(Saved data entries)
*** Block opens ***

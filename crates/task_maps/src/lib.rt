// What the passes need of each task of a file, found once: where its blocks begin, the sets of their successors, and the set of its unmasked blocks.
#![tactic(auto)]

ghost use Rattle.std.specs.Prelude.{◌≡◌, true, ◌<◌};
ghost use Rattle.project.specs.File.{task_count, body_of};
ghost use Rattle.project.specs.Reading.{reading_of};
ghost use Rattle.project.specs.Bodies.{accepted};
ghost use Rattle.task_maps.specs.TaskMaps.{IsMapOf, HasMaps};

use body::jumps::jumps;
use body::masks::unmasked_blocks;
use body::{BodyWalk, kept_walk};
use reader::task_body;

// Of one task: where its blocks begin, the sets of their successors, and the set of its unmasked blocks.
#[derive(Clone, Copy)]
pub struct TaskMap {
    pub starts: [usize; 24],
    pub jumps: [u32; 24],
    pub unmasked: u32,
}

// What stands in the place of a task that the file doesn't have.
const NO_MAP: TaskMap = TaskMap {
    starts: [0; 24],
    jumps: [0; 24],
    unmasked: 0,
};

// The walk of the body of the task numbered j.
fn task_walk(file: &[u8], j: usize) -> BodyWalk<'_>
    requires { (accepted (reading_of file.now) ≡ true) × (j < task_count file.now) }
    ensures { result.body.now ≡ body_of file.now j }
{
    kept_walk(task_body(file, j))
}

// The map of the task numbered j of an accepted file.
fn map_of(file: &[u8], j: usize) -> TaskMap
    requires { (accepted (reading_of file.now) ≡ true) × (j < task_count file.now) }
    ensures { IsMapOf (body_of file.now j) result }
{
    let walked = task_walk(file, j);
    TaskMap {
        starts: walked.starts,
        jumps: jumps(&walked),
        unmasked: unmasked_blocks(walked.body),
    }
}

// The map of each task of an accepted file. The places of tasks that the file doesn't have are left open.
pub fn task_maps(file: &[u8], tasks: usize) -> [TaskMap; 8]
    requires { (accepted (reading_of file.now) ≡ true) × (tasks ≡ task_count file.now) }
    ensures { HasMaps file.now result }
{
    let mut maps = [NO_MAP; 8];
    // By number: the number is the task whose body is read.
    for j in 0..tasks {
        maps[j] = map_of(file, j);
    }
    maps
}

*** Block closes ***
*** Block opens ***

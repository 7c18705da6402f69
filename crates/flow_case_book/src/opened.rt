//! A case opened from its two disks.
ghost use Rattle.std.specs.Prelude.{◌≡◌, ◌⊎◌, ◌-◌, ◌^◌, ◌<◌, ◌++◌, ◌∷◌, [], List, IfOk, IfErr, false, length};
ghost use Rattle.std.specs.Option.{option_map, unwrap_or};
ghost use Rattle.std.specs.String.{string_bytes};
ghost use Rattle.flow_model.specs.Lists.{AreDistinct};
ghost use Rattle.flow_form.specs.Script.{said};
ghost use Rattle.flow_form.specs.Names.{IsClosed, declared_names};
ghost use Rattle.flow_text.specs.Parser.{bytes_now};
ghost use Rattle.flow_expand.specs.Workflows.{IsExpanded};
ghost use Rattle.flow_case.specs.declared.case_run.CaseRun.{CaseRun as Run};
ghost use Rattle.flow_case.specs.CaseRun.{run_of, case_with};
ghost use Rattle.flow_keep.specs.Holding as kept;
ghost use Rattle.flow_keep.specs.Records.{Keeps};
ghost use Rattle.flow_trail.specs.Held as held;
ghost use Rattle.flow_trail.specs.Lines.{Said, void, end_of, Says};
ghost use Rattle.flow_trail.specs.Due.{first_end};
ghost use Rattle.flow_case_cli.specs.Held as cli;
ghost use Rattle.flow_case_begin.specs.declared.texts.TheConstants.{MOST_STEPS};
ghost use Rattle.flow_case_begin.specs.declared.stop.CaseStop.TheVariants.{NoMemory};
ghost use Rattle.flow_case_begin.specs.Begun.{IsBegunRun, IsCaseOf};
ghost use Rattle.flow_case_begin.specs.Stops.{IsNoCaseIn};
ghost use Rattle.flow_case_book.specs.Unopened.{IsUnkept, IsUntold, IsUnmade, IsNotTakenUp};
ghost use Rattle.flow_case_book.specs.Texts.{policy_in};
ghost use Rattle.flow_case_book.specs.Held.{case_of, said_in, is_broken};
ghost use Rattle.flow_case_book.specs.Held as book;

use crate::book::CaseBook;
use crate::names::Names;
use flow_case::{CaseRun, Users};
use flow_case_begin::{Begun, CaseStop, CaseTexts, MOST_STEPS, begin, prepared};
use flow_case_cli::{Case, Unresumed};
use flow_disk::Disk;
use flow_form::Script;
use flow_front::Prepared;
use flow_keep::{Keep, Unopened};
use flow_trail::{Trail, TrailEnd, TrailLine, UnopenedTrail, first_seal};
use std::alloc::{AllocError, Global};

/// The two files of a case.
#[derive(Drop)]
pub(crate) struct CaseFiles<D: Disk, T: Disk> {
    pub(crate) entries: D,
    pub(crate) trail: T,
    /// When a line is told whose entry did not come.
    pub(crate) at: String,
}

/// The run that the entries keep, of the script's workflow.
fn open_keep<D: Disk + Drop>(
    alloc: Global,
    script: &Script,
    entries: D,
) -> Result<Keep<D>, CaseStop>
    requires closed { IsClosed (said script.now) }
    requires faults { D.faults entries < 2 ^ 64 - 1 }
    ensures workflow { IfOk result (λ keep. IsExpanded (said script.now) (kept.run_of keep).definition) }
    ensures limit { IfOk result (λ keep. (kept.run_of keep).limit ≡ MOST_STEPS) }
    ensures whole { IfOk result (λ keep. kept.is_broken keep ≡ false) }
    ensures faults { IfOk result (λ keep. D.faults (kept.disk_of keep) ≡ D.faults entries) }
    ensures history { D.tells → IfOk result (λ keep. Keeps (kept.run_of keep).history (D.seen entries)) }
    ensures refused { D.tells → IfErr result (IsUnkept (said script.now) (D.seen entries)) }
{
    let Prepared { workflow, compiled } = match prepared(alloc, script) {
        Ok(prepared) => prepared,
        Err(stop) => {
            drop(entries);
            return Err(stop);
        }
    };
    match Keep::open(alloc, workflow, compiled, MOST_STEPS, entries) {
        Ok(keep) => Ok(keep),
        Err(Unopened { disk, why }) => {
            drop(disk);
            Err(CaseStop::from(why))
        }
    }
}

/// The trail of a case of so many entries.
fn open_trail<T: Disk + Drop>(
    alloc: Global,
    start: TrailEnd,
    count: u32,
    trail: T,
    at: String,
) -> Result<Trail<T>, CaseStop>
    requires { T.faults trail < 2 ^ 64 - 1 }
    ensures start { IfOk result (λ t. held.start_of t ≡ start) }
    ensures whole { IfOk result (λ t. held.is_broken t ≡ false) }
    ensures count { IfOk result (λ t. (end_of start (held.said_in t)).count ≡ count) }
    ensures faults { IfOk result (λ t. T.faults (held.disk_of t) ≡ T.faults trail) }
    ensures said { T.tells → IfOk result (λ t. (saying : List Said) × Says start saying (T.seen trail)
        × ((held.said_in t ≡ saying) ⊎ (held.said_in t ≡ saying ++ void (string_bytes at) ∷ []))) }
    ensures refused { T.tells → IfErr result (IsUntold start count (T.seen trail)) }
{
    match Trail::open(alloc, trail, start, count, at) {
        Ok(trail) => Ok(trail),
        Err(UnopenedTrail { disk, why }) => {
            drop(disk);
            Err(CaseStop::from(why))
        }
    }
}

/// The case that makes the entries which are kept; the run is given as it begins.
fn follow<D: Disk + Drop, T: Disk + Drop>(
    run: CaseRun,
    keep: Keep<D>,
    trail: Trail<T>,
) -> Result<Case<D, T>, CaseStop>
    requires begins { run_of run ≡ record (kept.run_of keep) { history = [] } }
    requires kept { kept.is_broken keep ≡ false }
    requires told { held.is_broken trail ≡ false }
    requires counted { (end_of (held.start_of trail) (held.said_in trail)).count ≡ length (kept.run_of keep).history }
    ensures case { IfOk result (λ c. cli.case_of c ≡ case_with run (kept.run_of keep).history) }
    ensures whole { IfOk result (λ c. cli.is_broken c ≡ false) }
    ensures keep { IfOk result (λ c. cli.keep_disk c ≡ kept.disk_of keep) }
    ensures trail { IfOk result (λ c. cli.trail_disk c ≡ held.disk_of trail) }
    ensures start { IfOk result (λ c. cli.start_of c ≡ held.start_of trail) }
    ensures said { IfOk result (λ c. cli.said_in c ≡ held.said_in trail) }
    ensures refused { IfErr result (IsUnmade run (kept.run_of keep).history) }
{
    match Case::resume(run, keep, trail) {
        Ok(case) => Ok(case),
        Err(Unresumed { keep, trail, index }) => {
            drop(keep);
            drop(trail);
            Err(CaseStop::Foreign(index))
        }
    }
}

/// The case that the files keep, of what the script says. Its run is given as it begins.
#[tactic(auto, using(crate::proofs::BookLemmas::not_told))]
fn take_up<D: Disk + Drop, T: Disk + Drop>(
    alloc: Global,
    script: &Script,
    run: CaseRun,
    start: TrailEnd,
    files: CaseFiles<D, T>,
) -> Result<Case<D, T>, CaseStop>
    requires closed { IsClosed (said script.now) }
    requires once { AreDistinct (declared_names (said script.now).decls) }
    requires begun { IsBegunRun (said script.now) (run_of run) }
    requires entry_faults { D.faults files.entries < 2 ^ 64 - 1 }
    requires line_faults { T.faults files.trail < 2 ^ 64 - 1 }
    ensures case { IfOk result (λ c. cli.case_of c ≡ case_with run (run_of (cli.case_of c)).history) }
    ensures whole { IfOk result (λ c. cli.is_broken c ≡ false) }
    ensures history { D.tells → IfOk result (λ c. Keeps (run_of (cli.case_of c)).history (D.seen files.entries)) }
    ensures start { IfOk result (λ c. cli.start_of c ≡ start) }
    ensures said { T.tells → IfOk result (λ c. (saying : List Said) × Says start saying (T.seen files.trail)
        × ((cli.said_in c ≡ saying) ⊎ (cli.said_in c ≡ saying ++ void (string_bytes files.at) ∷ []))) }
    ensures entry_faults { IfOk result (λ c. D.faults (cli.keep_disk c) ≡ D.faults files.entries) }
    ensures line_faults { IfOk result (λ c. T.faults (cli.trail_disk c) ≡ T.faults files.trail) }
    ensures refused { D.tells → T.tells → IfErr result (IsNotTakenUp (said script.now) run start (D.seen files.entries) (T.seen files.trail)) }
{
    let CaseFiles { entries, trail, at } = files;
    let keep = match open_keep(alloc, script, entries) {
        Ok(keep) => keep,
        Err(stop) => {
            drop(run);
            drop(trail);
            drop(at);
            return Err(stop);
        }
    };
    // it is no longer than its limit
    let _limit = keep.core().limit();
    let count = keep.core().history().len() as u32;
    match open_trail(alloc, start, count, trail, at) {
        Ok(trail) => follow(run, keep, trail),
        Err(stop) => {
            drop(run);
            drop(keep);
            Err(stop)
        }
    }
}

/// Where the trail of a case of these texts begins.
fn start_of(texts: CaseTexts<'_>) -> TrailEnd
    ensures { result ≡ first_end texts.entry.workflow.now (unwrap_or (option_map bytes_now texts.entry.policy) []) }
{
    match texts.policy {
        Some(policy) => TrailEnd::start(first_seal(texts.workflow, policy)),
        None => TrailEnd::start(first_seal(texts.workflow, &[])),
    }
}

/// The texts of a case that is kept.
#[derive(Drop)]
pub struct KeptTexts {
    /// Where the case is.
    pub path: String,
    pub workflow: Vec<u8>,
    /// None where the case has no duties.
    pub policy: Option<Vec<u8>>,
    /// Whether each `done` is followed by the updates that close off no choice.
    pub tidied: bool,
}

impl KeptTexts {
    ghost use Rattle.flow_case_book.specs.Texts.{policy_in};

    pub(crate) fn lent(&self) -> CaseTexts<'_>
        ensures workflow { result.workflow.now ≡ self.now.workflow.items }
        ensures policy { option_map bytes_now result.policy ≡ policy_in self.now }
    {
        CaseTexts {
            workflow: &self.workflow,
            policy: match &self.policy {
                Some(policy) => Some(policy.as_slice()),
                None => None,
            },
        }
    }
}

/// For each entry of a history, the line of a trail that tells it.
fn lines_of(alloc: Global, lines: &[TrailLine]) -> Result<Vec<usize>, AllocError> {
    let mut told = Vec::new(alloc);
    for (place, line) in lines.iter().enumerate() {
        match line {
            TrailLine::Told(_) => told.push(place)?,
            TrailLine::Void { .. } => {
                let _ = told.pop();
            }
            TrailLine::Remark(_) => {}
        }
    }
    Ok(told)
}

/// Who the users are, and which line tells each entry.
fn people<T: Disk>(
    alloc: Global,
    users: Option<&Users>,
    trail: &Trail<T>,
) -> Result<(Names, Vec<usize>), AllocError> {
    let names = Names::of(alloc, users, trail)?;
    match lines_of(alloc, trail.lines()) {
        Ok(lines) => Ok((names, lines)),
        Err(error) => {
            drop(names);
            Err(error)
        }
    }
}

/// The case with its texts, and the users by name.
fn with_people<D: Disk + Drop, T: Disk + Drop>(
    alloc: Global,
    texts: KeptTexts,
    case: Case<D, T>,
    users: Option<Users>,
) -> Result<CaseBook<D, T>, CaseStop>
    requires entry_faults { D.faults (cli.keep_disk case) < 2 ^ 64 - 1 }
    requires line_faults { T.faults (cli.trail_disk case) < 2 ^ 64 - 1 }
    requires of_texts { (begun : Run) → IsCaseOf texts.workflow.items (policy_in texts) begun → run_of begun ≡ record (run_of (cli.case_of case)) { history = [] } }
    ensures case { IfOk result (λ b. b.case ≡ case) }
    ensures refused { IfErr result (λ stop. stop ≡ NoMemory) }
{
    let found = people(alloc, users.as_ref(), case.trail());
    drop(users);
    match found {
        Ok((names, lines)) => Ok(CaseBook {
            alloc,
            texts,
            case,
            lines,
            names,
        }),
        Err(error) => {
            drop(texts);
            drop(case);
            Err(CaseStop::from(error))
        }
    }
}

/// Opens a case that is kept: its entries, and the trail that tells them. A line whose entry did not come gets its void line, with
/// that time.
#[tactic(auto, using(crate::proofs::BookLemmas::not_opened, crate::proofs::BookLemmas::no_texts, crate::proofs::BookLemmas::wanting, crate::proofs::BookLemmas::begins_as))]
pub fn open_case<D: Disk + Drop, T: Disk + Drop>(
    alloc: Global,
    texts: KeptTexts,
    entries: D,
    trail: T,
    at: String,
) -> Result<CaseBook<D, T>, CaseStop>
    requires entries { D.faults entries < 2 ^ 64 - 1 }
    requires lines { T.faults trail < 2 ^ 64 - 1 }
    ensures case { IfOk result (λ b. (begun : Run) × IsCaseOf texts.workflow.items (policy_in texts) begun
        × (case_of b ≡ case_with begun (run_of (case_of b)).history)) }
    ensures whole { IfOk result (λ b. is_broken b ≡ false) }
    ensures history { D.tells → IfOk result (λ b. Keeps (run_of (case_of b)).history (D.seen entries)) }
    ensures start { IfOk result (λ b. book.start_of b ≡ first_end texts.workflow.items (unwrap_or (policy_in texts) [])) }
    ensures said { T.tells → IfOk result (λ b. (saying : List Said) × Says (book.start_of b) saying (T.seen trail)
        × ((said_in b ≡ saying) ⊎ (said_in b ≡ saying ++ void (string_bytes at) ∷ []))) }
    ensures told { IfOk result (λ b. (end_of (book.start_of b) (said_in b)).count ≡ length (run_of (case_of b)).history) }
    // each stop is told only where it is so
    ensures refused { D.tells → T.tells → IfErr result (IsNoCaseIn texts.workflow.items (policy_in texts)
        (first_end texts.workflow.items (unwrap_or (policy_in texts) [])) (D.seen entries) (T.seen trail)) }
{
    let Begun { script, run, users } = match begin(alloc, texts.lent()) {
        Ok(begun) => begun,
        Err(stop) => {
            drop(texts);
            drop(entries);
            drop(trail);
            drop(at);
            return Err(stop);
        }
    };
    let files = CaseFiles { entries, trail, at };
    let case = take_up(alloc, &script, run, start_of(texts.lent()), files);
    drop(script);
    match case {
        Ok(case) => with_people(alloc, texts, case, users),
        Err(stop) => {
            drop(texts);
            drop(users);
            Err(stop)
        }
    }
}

*** Block closes ***

Exercise requirements
For each line above that holds the string "auto", provide a copy of that line.

Completed task
#![tactic(auto)]
#[tactic(auto, using(crate::proofs::BookLemmas::not_told))]
#[tactic(auto, using(crate::proofs::BookLemmas::not_opened, crate::proofs::BookLemmas::no_texts, crate::proofs::BookLemmas::wanting, crate::proofs::BookLemmas::begins_as))]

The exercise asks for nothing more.